◆ **WORK TASK**:
Your answer must consist solely of the lines from the start of the entries below through the line with "pub(super) fn text_of(alloc: Global, finding: &Finding)", unchanged.

(Records excerpted from a collection)

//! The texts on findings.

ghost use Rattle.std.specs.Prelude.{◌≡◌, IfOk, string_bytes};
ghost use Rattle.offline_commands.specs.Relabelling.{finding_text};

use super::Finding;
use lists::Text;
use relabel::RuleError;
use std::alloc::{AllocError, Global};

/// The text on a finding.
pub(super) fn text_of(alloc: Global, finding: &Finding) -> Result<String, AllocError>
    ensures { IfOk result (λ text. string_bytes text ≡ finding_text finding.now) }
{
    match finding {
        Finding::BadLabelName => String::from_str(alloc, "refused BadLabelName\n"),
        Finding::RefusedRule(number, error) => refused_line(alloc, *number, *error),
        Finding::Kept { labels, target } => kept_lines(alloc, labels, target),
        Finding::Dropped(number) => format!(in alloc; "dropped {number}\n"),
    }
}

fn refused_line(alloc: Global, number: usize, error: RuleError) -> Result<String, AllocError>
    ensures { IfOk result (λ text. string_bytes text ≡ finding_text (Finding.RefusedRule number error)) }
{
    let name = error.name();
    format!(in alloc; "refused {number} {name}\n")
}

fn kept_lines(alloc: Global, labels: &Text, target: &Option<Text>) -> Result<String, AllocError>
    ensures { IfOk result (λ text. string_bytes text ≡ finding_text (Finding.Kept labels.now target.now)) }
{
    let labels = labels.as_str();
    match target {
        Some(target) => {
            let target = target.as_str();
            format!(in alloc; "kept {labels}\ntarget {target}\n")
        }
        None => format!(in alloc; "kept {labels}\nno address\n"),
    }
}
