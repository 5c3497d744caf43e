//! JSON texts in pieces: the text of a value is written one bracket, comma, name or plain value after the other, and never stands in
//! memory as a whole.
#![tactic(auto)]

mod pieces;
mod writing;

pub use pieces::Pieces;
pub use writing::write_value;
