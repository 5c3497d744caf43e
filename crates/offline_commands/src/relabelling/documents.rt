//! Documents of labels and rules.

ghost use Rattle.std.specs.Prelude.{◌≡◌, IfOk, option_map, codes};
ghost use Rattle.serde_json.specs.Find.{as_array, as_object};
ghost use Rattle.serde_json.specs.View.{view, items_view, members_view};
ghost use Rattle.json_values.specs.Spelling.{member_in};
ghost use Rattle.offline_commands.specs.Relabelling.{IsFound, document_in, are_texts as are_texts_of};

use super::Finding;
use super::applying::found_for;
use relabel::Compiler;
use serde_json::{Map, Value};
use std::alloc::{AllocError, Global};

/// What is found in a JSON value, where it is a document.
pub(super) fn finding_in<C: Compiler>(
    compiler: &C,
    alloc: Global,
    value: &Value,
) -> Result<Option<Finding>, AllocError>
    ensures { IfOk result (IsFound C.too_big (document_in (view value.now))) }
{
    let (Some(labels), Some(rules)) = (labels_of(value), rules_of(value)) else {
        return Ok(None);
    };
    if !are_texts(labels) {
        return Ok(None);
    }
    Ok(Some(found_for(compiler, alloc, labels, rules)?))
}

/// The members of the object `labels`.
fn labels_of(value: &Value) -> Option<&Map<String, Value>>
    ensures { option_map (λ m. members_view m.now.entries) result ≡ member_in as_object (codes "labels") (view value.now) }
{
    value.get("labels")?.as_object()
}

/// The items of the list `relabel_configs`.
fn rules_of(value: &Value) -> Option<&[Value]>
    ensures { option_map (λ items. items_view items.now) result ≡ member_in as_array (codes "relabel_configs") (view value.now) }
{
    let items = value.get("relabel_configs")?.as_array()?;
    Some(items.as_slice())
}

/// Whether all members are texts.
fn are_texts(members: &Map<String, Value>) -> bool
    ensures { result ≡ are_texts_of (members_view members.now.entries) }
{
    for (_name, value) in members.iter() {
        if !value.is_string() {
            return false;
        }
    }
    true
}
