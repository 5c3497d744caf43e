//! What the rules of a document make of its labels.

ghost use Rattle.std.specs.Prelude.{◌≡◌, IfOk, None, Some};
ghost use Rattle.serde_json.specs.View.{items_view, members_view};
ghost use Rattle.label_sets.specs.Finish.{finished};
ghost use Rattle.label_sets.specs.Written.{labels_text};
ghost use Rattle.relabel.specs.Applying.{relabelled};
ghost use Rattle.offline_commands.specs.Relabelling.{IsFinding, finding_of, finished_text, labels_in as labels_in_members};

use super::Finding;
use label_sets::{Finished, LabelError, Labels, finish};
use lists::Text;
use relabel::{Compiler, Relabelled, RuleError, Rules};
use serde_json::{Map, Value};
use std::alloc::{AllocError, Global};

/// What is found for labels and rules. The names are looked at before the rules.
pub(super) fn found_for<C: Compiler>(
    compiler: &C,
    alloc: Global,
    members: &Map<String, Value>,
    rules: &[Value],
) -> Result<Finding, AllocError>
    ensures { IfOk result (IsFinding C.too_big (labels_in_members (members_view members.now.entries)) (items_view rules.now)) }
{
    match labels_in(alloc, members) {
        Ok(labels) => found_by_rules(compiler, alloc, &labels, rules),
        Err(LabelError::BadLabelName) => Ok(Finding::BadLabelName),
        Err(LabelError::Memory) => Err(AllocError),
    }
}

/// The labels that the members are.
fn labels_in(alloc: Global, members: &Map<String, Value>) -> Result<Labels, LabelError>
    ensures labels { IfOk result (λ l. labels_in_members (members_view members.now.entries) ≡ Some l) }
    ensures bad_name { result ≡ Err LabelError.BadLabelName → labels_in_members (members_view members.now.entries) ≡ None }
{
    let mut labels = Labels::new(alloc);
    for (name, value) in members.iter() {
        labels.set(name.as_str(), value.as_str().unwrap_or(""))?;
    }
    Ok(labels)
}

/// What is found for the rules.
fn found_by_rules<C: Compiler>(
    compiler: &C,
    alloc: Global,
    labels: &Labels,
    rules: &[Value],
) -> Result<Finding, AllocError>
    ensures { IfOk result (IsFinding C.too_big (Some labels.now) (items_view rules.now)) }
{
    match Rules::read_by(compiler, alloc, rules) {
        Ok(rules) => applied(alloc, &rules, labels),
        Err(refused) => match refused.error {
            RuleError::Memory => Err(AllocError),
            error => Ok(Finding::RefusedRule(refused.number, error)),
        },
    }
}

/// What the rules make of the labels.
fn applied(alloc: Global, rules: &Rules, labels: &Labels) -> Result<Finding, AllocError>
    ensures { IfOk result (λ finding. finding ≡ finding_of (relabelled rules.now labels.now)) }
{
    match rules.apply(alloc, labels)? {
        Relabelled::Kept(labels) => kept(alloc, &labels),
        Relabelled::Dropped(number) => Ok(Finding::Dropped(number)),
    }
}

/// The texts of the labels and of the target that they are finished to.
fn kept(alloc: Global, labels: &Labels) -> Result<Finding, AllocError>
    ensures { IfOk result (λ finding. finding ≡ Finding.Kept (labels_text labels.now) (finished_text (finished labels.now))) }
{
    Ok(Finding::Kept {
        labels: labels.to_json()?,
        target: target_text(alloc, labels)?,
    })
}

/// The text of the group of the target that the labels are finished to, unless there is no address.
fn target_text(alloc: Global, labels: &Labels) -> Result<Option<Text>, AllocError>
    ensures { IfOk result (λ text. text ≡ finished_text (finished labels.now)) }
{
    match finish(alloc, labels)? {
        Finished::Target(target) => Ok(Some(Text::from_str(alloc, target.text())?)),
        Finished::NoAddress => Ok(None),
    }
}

◆ **EXERCISE SOLUTION**:
//! The texts on findings.

ghost use Rattle.std.specs.Prelude.{◌≡◌, IfOk, string_bytes};
ghost use Rattle.offline_commands.specs.Relabelling.{finding_text};

use super::Finding;
use lists::Text;
use relabel::RuleError;
use std::alloc::{AllocError, Global};

/// The text on a finding.
pub(super) fn text_of(alloc: Global, finding: &Finding) -> Result<String, AllocError>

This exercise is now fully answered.